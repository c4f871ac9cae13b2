//! What a site answers, in words, a line for each thing.

use fed_types::{BagId, Slot};
use site::{Answer, Line, Outgoing, Reply, SiteFault};
use std::alloc::{AllocError, Global};

/// Appends what a call answers: the line, if any, and then each datagram, with its number among all
/// that were sent; `sent` were sent before.
pub(crate) fn push_answer(
    alloc: Global,
    text: &mut String,
    answer: &Answer,
    sent: usize,
) -> Result<(), AllocError> {
    if answer.line.is_none() && answer.sends.is_empty() {
        return text.push_str("nothing\n");
    }
    push_line(alloc, text, &answer.line)?;
    push_sends(alloc, text, answer.sends.as_slice(), sent)
}

fn push_line(alloc: Global, text: &mut String, line: &Option<Line>) -> Result<(), AllocError> {
    match line {
        None => Ok(()),
        Some(Line::Registered(bag)) => push_bag(alloc, text, "registered", bag),
        Some(Line::Known(slot, bag)) => push_known(alloc, text, slot, bag),
        Some(Line::Dropped) => text.push_str("dropped\n"),
    }
}

fn push_known(
    alloc: Global,
    text: &mut String,
    slot: &Slot,
    bag: &BagId,
) -> Result<(), AllocError> {
    let object = slot.object();
    let version = slot.version();
    write!(text, "known {object} {version} ")?;
    push_hex(alloc, text, &bag.0)
}

fn push_sends(
    alloc: Global,
    text: &mut String,
    sends: &[Outgoing],
    sent: usize,
) -> Result<(), AllocError> {
    for (place, datagram) in sends.iter().enumerate() {
        let number = sent.saturating_add(place).saturating_add(1);
        push_sent(alloc, text, number, datagram)?;
    }
    Ok(())
}

fn push_sent(
    alloc: Global,
    text: &mut String,
    number: usize,
    datagram: &Outgoing,
) -> Result<(), AllocError> {
    let to = datagram.to.number();
    write!(text, "{number} to {to} ")?;
    push_hex(alloc, text, datagram.bytes.as_slice())
}

/// Appends what a site replies to a query.
pub(crate) fn push_reply(
    alloc: Global,
    text: &mut String,
    reply: Result<Reply, SiteFault>,
) -> Result<(), AllocError> {
    match reply {
        Ok(Reply::Known(bag)) => push_bag(alloc, text, "reply known", &bag),
        Ok(Reply::Pending(bag)) => push_bag(alloc, text, "reply pending", &bag),
        Ok(Reply::Nothing) => text.push_str("reply nothing\n"),
        Err(fault) => push_refusal(alloc, text, fault),
    }
}

/// Appends a refusal by its number, and by the bag's fault or the bag that is in the way.
pub(crate) fn push_refusal(
    alloc: Global,
    text: &mut String,
    fault: SiteFault,
) -> Result<(), AllocError> {
    let number = fault.number();
    match fault {
        SiteFault::InvalidBag(fault) => {
            let fault = fault.number();
            write!(text, "refused {number} {fault}\n")
        }
        SiteFault::OtherDeposit(bag) => push_bag(alloc, text, "refused 11", &bag),
        SiteFault::OtherKnown(bag) => push_bag(alloc, text, "refused 12", &bag),
        _ => write!(text, "refused {number}\n"),
    }
}

fn push_bag(alloc: Global, text: &mut String, words: &str, bag: &BagId) -> Result<(), AllocError> {
    write!(text, "{words} ")?;
    push_hex(alloc, text, &bag.0)
}

/// Appends how many records an opened site has.
pub(crate) fn push_opened(text: &mut String, count: usize) -> Result<(), AllocError> {
    write!(text, "opened {count}\n")
}

/// Appends why a cell is refused, by the fault's number.
pub(crate) fn push_unopened(text: &mut String, number: u8) -> Result<(), AllocError> {
    write!(text, "unopened {number}\n")
}

/// Appends the bytes of a closed site's cell.
pub(crate) fn push_cell(alloc: Global, text: &mut String, bytes: &[u8]) -> Result<(), AllocError> {
    text.push_str("cell ")?;
    push_hex(alloc, text, bytes)
}

/// Appends bytes in hex, and ends the line.
fn push_hex(alloc: Global, text: &mut String, bytes: &[u8]) -> Result<(), AllocError> {
    let digits = hex::encode(alloc, bytes)?;
    write!(text, "{digits}\n")
}
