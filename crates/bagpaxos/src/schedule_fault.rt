//! The first line at fault of a text that is no schedule, in words.

use code_words::{push_name, push_schedule_words};
use schedule::{ParseFault, parse};
use std::alloc::AllocError;

/// Says on standard error what is wrong with the first line at fault, if these bytes, of the file
/// of this path or of standard input, are no schedule: `FILE, line 1: ..`. If memory or standard
/// error fails, it says nothing.
pub(crate) fn say_schedule_fault(rt: &HostRuntime, file: Option<&str>, bytes: &[u8]) {
    let say_line = |rt: &HostRuntime, bytes: &[u8], line: usize| say_line_of(rt, file, bytes, line);
    if let Err(ParseFault::Line(line)) = parse(rt.alloc(), bytes) {
        let _ = say_line(rt, bytes, line);
    }
}

fn say_line_of(
    rt: &HostRuntime,
    file: Option<&str>,
    bytes: &[u8],
    line: usize,
) -> Result<(), AllocError> {
    let mut text = String::new(rt.alloc());
    match file {
        Some(path) => push_name(&mut text, path)?,
        None => text.push_str("standard input")?,
    }
    text.push_str(", ")?;
    push_schedule_words(rt.alloc(), &mut text, bytes, line)?;
    let _ = rt.eprintln(text.as_str());
    Ok(())
}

What is being asked:
Return each line of the data exactly as it was given.

Result:
repository c4f871ac9cae13b2
//! What a site answers, in words, a line for each thing.

use fed_types::{BagId, Slot};
use site::{Answer, Line, Outgoing, Reply, SiteFault};
use std::alloc::{AllocError, Global};

/// Appends what a call answers: the line, if any, and then each datagram, with its number among all
/// that were sent; `sent` were sent before.
pub(crate) fn push_answer(
    alloc: Global,
    text: &mut String,
    answer: &Answer,
    sent: usize,
) -> Result<(), AllocError> {
    if answer.line.is_none() && answer.sends.is_empty() {
        return text.push_str("nothing\n");
    }
    push_line(alloc, text, &answer.line)?;
    push_sends(alloc, text, answer.sends.as_slice(), sent)
}

fn push_line(alloc: Global, text: &mut String, line: &Option<Line>) -> Result<(), AllocError> {
    match line {
        None => Ok(()),
        Some(Line::Registered(bag)) => push_bag(alloc, text, "registered", bag),
        Some(Line::Known(slot, bag)) => push_known(alloc, text, slot, bag),
        Some(Line::Dropped) => text.push_str("dropped\n"),
    }
}

fn push_known(
    alloc: Global,
    text: &mut String,
    slot: &Slot,
    bag: &BagId,
) -> Result<(), AllocError> {
    let object = slot.object();
    let version = slot.version();
    write!(text, "known {object} {version} ")?;
    push_hex(alloc, text, &bag.0)
}

fn push_sends(
    alloc: Global,
    text: &mut String,
    sends: &[Outgoing],
    sent: usize,
) -> Result<(), AllocError> {
    for (place, datagram) in sends.iter().enumerate() {
        let number = sent.saturating_add(place).saturating_add(1);
        push_sent(alloc, text, number, datagram)?;
    }
    Ok(())
}

fn push_sent(
    alloc: Global,
    text: &mut String,
    number: usize,
    datagram: &Outgoing,
) -> Result<(), AllocError> {
    let to = datagram.to.number();
    write!(text, "{number} to {to} ")?;
    push_hex(alloc, text, datagram.bytes.as_slice())
}

/// Appends what a site replies to a query.
pub(crate) fn push_reply(
    alloc: Global,
    text: &mut String,
    reply: Result<Reply, SiteFault>,
) -> Result<(), AllocError> {
    match reply {
        Ok(Reply::Known(bag)) => push_bag(alloc, text, "reply known", &bag),
        Ok(Reply::Pending(bag)) => push_bag(alloc, text, "reply pending", &bag),
        Ok(Reply::Nothing) => text.push_str("reply nothing\n"),
        Err(fault) => push_refusal(alloc, text, fault),
    }
}

/// Appends a refusal by its number, and by the bag's fault or the bag that is in the way.
pub(crate) fn push_refusal(
    alloc: Global,
    text: &mut String,
    fault: SiteFault,
) -> Result<(), AllocError> {
    let number = fault.number();
    match fault {
        SiteFault::InvalidBag(fault) => {
            let fault = fault.number();
            write!(text, "refused {number} {fault}\n")
        }
        SiteFault::OtherDeposit(bag) => push_bag(alloc, text, "refused 11", &bag),
        SiteFault::OtherKnown(bag) => push_bag(alloc, text, "refused 12", &bag),
        _ => write!(text, "refused {number}\n"),
    }
}

fn push_bag(alloc: Global, text: &mut String, words: &str, bag: &BagId) -> Result<(), AllocError> {
    write!(text, "{words} ")?;
    push_hex(alloc, text, &bag.0)
}

/// Appends how many records an opened site has.
pub(crate) fn push_opened(text: &mut String, count: usize) -> Result<(), AllocError> {
    write!(text, "opened {count}\n")
}

/// Appends why a cell is refused, by the fault's number.
pub(crate) fn push_unopened(text: &mut String, number: u8) -> Result<(), AllocError> {
    write!(text, "unopened {number}\n")
}

/// Appends the bytes of a closed site's cell.
pub(crate) fn push_cell(alloc: Global, text: &mut String, bytes: &[u8]) -> Result<(), AllocError> {
    text.push_str("cell ")?;
    push_hex(alloc, text, bytes)
}

/// Appends bytes in hex, and ends the line.
fn push_hex(alloc: Global, text: &mut String, bytes: &[u8]) -> Result<(), AllocError> {
    let digits = hex::encode(alloc, bytes)?;
    write!(text, "{digits}\n")
}
filename crates/bagpaxos/src/schedule_fault.rt
//! The first line at fault of a text that is no schedule, in words.

use code_words::{push_name, push_schedule_words};
use schedule::{ParseFault, parse};
use std::alloc::AllocError;

/// Says on standard error what is wrong with the first line at fault, if these bytes, of the file
/// of this path or of standard input, are no schedule: `FILE, line 1: ..`. If memory or standard
/// error fails, it says nothing.
pub(crate) fn say_schedule_fault(rt: &HostRuntime, file: Option<&str>, bytes: &[u8]) {
    let say_line = |rt: &HostRuntime, bytes: &[u8], line: usize| say_line_of(rt, file, bytes, line);
    if let Err(ParseFault::Line(line)) = parse(rt.alloc(), bytes) {
        let _ = say_line(rt, bytes, line);
    }
}

fn say_line_of(
    rt: &HostRuntime,
    file: Option<&str>,
    bytes: &[u8],
    line: usize,
) -> Result<(), AllocError> {
    let mut text = String::new(rt.alloc());
    match file {
        Some(path) => push_name(&mut text, path)?,
        None => text.push_str("standard input")?,
    }
    text.push_str(", ")?;
    push_schedule_words(rt.alloc(), &mut text, bytes, line)?;
    let _ = rt.eprintln(text.as_str());
    Ok(())
}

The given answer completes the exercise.